Consequently, alternative language and synonyms may be used for any one or more of the terms discussed herein, nor is any special significance to be placed upon whether or not a term is elaborated or discussed herein. Synonyms for some terms are provided. A recital of one or more synonyms does not exclude the use of other synonyms. The use of examples anywhere in this specification including examples of any term discussed herein is illustrative only, and is not intended to further limit the scope and meaning of the disclosure or of any exemplified term. Likewise, the disclosure is not limited to various embodiments given in this specification.
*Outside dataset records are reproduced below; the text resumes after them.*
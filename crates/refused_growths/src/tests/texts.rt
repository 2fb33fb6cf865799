//! Texts: programs, words, inputs and rows.
use super::made_again;
use super::supply::Supply;
use command_words::request::{Request, WordsFault, read_words};
use counted_io::{Counted, InputFault, LARGEST_INPUT, read_input};
use csv_table::Table;
use std::alloc::{AllocGlobal, Global};
use std::process::Abort;
use std::test::Fail;
use task_program::AllocFault;
use task_program::fault::{ReadFault, ReadKind};
use task_program::print::print_program;
use task_program::program::Program;
use task_program::read::read_program;
use task_program::statement::{Items, Stmt};

const TEXT: &[u8] =
    b"omptasks 1 work 1 task depend(in: a, b, c) depend(out: d, e, f) { taskgroup { taskwait \
    taskwait taskwait taskwait taskwait } work 12 } task if(0) { }";

const CANONICAL: &[u8] =
    b"omptasks 1\nwork 1\ntask depend(in: a, b, c) depend(out: d, e, f) {\ntaskgroup {\ntaskwait\n\
    taskwait\ntaskwait\ntaskwait\ntaskwait\n}\nwork 12\n}\ntask if(0) {\n}\n";

/// A text of version 2, and a text with a fault on line 3.
const LOOPS: &[u8] =
    b"omptasks 2 for i 1 3 { task depend(in: x[i-1]) depend(out: x[i]) { work 2 } }";

const UNOPENED: &[u8] = b"omptasks 1\ntask depend(in: a, b) { work 1 }\n}";

fn read(alloc: Global, text: &[u8]) -> Result<Program, ReadFault> {
    read_program(alloc, text)
}

/// The program of a text that has one.
pub(super) fn program_of<H: AllocGlobal + Abort>(
    rt: &H,
    supply: &mut Supply,
    text: &[u8],
) -> Result<Program, Fail> {
    supply.before_call();
    match read(rt.alloc(), text) {
        Ok(program) => Ok(program),
        Err(fault) => {
            assert_eq!(rt; (fault.kind, fault.line), (ReadKind::OutOfMemory, 0));
            supply.refused();
            Ok(read(rt.alloc(), text)?)
        }
    }
}

fn print(alloc: Global, program: &Program) -> Result<Vec<u8>, AllocFault> {
    print_program(alloc, program)
}

fn printed<H: AllocGlobal>(
    rt: &H,
    supply: &mut Supply,
    program: &Program,
) -> Result<Vec<u8>, Fail> {
    supply.before_call();
    match print(rt.alloc(), program) {
        Ok(text) => Ok(text),
        Err(_) => {
            supply.refused();
            Ok(print(rt.alloc(), program)?)
        }
    }
}

fn copied(supply: &mut Supply, items: &Items) -> Result<Items, Fail> {
    supply.before_call();
    match items.copy() {
        Ok(copy) => Ok(copy),
        Err(_) => {
            supply.refused();
            Ok(items.copy()?)
        }
    }
}

/// The fault of a text that has one.
fn fault_of(alloc: Global, text: &[u8]) -> Result<ReadFault, Fail> {
    match read(alloc, text) {
        Ok(_) => Err("a program".into()),
        Err(fault) => Ok(fault),
    }
}

/// A program is printed.
fn assert_printed<H: AllocGlobal + Abort>(
    rt: &H,
    supply: &mut Supply,
    program: &Program,
) -> Result<(), Fail> {
    let text = printed(rt, supply, program)?;
    assert_eq!(rt; text.as_slice(), CANONICAL);
    Ok(())
}

/// The items of a program's first task are copied.
fn assert_copied(rt: &impl Abort, supply: &mut Supply, program: &Program) -> Result<(), Fail> {
    let [Stmt::Work(1), Stmt::Task(task), Stmt::Task(_)] = program.body() else {
        return Err(Fail::new("work and two tasks"));
    };
    let copy = copied(supply, &task.items)?;
    assert_eq!(rt;
        (program.names(), copy.as_slice()),
        (6, task.items.as_slice())
    );
    Ok(())
}

/// A program of version 1 is read and printed, and a list of its items is copied.
fn assert_read<H: AllocGlobal + Abort>(rt: &H, supply: &mut Supply) -> Result<(), Fail> {
    let program = program_of(rt, supply, TEXT)?;
    assert_printed(rt, supply, &program)?;
    assert_copied(rt, supply, &program)
}

/// A program of version 2 is read.
fn assert_looped<H: AllocGlobal + Abort>(rt: &H, supply: &mut Supply) -> Result<(), Fail> {
    let looped = program_of(rt, supply, LOOPS)?;
    assert_eq!(rt; (looped.names(), looped.body().len()), (4, 3));
    Ok(())
}

/// A fault is reported.
fn assert_unopened<H: AllocGlobal + Abort>(rt: &H, supply: &mut Supply) -> Result<(), Fail> {
    supply.before_call();
    let mut fault = fault_of(rt.alloc(), UNOPENED)?;
    if fault.kind == ReadKind::OutOfMemory {
        supply.refused();
        fault = fault_of(rt.alloc(), UNOPENED)?;
    }
    assert_eq!(rt; (fault.kind, fault.line), (ReadKind::Unopened, 3));
    Ok(())
}

/// Programs of both versions are read and printed, a list of items is copied, and a fault is
/// reported.
pub(super) fn program<H: AllocGlobal + Abort>(rt: &H, supply: &mut Supply) -> Result<(), Fail> {
    assert_read(rt, supply)?;
    assert_looped(rt, supply)?;
    assert_unopened(rt, supply)
}

fn words_of(alloc: Global, words: &[&str]) -> Result<Vec<String>, AllocFault> {
    let mut list = Vec::new(alloc);
    for word in words {
        list.push(String::from_str(alloc, word)?)?;
    }
    Ok(list)
}

/// The words of a command line.
pub(super) fn command_line(
    alloc: Global,
    supply: &mut Supply,
    words: &[&str],
) -> Result<Vec<String>, Fail> {
    match words_of(alloc, words) {
        Ok(list) => Ok(list),
        Err(_) => {
            supply.refused();
            Ok(words_of(alloc, words)?)
        }
    }
}

fn request_of(alloc: Global, words: &[String]) -> Result<Request, WordsFault> {
    read_words(alloc, words)
}

fn request<H: AllocGlobal>(
    rt: &H,
    supply: &mut Supply,
    words: &[&str],
) -> Result<Result<Request, WordsFault>, Fail> {
    let alloc = rt.alloc();
    let list = command_line(alloc, supply, words)?;
    supply.before_call();
    match request_of(alloc, list.as_slice()) {
        Err(WordsFault::OutOfMemory) => {
            supply.refused();
            Ok(request_of(alloc, list.as_slice()))
        }
        answer => Ok(answer),
    }
}

/// Arguments that ask for something, and wrong ones.
pub(super) fn words<H: AllocGlobal + Abort>(rt: &H, supply: &mut Supply) -> Result<(), Fail> {
    match request(rt, supply, &["spanprof", "whatif", "2=4", "1=5", "0=1"])? {
        Ok(Request::WhatIf { changes }) => assert_eq!(rt; changes.as_slice().len(), 3),
        _ => assert!(rt; false),
    }
    let run = request(rt, supply, &["spanprof", "run", "--workers", "2"])?;
    assert!(rt; matches!(run, Ok(Request::Run { workers: 2 })));
    let wrong = request(rt, supply, &["spanprof", "whatif", "2=4", "1"])?;
    assert!(rt; matches!(wrong, Err(WordsFault::WrongWords)));
    Ok(())
}

/// Longer than one read asks for.
const LONG: &[u8] = &[b' '; 10_000];

/// What a read of the input answers, and how many of its calls were faults.
fn read_long(alloc: Global) -> (Result<Vec<u8>, InputFault>, u64) {
    let mut reader = Counted::new(LONG);
    let answer = read_input(alloc, &mut reader, LARGEST_INPUT, &mut 0);
    (answer, reader.faults())
}

/// An input is read to its end.
pub(super) fn input<H: AllocGlobal + Abort>(rt: &H, supply: &mut Supply) -> Result<(), Fail> {
    supply.before_call();
    let bytes = match read_long(rt.alloc()) {
        (Ok(bytes), _) => bytes,
        (Err(fault), faults) => {
            assert_eq!(rt; (fault, faults), (InputFault::OutOfMemory, 0));
            supply.refused();
            made_again(read_long(rt.alloc()).0)?
        }
    };
    assert!(rt; bytes.as_slice() == LONG);
    Ok(())
}

fn table_text(alloc: Global) -> Result<Vec<u8>, AllocFault> {
    Table::new(alloc, &["threads", "end"])?
        .with_row(&[Some(1), None])?
        .with_row(&[Some(u64::MAX), Some(0)])?
        .with_list(alloc, &[Some(3)], &[1, 22])?
        .into_text()
}

/// Rows of a table. A refused call spends the table, so that it is made anew.
pub(super) fn rows<H: AllocGlobal + Abort>(rt: &H, supply: &mut Supply) -> Result<(), Fail> {
    let alloc = rt.alloc();
    supply.before_call();
    let text = match table_text(alloc) {
        Ok(text) => text,
        Err(_) => {
            supply.refused();
            table_text(alloc)?
        }
    };
    assert_eq!(rt;
        text.as_slice(),
        b"threads,end\n1,\n18446744073709551615,0\n3,1 22\n".as_slice()
    );
    Ok(())
}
Those skilled in the art will appreciate that the logic illustrated in the flow diagram discussed above, may be altered in various ways. For example, the order of the logic may be rearranged, substeps may be performed in parallel, illustrated logic may be omitted; other logic may be included, etc.

Without intent to further limit the scope of the disclosure, examples of instruments, apparatus, methods and their related results according to the embodiments of the present disclosure are given below. Note that titles or subtitles may be used in the examples for convenience of a reader, which in no way should limit the scope of the disclosure. Unless otherwise defined, all technical and scientific terms used herein have the same meaning as commonly understood by one of ordinary skill in the art to which this disclosure pertains. In the case of conflict, the present document, including definitions will control.

Although the invention is described herein in terms of several embodiments, one skilled in the art will readily appreciate that other applications may be substituted for those set forth herein without departing from the spirit and scope of the present invention. Accordingly, the invention should only be limited by the claims included below.